The COVID-19 Burden of Disease on Refugees and Immigrants
Interview with Tarik Endale on holistic mental health programs.
Posted July 4, 2020
COVID-19 has affected so many vulnerable communities in our world. Refugees and immigrants are two such groups who have had to bear the burdens of this disease, ultimately affecting their finances, families, and mental wellbeing. Mental health programs worldwide have converted to telehealth services to help address some of these needs.
Tarik Endale is the Program Manager of the Kovler Center Child Trauma Program (KCCTP), a program of Heartland Alliance International in Chicago that provides mental health and social services to immigrant and refugee youth who have experienced trauma. He has an MSc in Global Mental Health from the London School of Hygiene and Tropical Medicine and King’s College London and a Bachelor of Science in International Health and Psychology from Georgetown University. He will begin a Ph.D. in Clinical Psychology at Columbia University in the fall, working with Dr. Lena Verdeli in the Global Mental Health lab.
Jamie Aten: How did you first get interested in this topic?
Tarik Endale: I come from a family of refugees and immigrants from Ethiopia. Their, as well as my, experiences have been a major driver for my broad interest in public health approaches with refugees and immigrants in the US and abroad, specifically focusing on mental health. This paper came about after the Kovler Center Child Trauma Program’s (KCCTP) rapid transition from providing completely in-person mental health and social services for immigrant and refugee youth and their families in Chicago to a completely remote service provision model almost overnight. Knowing how much we scrambled for guidance, we thought it would be valuable to document our experience for others.

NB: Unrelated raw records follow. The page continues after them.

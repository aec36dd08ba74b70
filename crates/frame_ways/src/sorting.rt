// The frames of a list, by time.
ghost use Rattle.std.specs.Prelude.{◌≡◌, ℤ, IfOk, OnOk, IsPermutation};
ghost use Rattle.frame_ways.specs.Queues.{AreRising, at_time, enumerated};

use crate::landings::Landing;
use fh_base::{NoMemory, Ticks};
use std::alloc::Global;

/// The frames of a list, with their places in it.
pub(crate) fn listed(alloc: Global, times: &[Ticks]) -> Result<Vec<Landing>, NoMemory>
    ensures { IfOk result (λ v. v.items ≡ enumerated times.now) }
{
    let mut landings = Vec::with_capacity(alloc, times.len())?;
    for index in 0..times.len() {
        let at = times[index];
        landings.push(Landing { at, index })?;
    }
    Ok(landings)
}

/// Sorts landings by time; those of one time keep their order.
pub(crate) fn sort_by_time(landings: &mut Vec<Landing>) -> Result<(), NoMemory>
    ensures elements { IsPermutation landings.old.items landings.new.items }
    ensures rising { OnOk result (AreRising landings.new.items) }
    ensures at_time { (t : ℤ) → at_time t landings.new.items ≡ at_time t landings.old.items }
{
    landings.sort_by_key(|l| l.at.0)?;
    Ok(())
}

JA: What was the focus of your study?
TE: KCCTP works with immigrant and refugee youth between the ages of 6-21 who have had traumatic experiences, including but not limited to war, terrorism, forced migration, family separation, state-sponsored torture, and resettlement. In our first year of services in Chicago, KCCTP has seen an incredibly diverse set of youth and families, with 24 countries and 24 languages represented. Approximately half of our participants are Spanish-speaking, half are between the ages of 13-17, and slightly more than half were unaccompanied minors or experienced family separation and/or detention.
This population is particularly vulnerable during the COVID-19 pandemic as many are low-income, undocumented, may not have health insurance, face language and technology barriers to healthcare and education, and are excluded from government relief packages. Many are also part of minority groups that are disproportionately represented among the sick and dying, work in industries that put them at elevated risk of infection, and are particularly hard hit by the economic fallout of the pandemic. Immigrants and refugees are underrepresented in research, but what research exists indicates a high prevalence of posttraumatic stress symptoms and exposure to pre-migration trauma and post-migration stressors. This paper drew on the observations of KCCTP program staff and responses of program participants in the face of COVID-19.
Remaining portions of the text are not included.